● **Exercise goal**: Every line containing "Some" should be copied out. Go through the entries and find them.

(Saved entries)
########################################

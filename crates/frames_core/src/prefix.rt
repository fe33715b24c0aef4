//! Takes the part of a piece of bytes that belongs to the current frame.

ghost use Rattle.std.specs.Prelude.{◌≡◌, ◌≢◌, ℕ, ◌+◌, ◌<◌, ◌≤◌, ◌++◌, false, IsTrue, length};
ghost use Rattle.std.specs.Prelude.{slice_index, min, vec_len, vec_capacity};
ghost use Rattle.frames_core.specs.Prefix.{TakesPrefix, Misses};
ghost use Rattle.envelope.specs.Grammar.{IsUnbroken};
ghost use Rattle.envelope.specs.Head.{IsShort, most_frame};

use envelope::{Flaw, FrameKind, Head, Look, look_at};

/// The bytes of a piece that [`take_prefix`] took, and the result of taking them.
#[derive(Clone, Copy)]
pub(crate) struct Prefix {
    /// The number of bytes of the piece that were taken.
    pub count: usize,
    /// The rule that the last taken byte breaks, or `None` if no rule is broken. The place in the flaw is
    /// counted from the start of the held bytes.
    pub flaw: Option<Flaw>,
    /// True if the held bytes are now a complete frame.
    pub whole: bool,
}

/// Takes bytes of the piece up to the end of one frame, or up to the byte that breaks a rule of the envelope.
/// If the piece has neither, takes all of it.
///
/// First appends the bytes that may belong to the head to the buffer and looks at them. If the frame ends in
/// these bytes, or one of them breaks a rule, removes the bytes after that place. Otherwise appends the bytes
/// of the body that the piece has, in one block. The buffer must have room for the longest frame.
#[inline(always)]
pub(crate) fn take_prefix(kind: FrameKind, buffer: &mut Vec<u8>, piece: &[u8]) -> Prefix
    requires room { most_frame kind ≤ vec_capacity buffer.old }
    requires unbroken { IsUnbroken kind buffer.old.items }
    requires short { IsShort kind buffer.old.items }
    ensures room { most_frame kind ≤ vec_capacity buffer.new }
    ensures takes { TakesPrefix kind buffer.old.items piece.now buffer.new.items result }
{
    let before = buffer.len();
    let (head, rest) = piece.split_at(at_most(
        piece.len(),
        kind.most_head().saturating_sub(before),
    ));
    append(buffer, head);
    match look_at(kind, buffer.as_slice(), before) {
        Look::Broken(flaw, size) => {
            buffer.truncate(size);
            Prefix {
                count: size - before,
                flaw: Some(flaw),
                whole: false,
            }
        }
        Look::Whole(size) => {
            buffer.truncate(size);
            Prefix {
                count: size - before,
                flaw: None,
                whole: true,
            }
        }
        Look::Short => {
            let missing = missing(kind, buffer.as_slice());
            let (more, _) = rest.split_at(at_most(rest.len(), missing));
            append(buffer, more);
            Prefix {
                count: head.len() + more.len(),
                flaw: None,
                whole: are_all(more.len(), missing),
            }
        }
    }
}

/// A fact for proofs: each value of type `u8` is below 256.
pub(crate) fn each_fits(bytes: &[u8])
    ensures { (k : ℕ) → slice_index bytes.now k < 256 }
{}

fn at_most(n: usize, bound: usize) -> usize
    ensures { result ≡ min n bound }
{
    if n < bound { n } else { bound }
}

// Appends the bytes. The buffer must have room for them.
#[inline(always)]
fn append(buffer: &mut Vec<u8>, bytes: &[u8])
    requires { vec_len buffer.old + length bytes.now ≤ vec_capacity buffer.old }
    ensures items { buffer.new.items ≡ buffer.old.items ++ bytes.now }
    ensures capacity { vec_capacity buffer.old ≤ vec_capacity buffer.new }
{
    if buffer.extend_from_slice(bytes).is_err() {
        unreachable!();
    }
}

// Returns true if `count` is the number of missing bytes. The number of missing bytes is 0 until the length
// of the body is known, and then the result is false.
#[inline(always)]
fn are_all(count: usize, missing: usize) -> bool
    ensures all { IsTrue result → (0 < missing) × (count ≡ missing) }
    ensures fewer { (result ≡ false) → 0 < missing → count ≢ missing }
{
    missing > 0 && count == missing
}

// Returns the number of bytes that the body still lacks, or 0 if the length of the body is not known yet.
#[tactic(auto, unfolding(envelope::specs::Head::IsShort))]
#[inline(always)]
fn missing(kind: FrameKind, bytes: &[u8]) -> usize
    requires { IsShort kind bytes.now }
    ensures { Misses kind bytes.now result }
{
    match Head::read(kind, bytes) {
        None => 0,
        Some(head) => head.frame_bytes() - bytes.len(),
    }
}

########################################

● **Written reply**:
                flaw: Some(flaw),
        Some(head) => head.frame_bytes() - bytes.len(),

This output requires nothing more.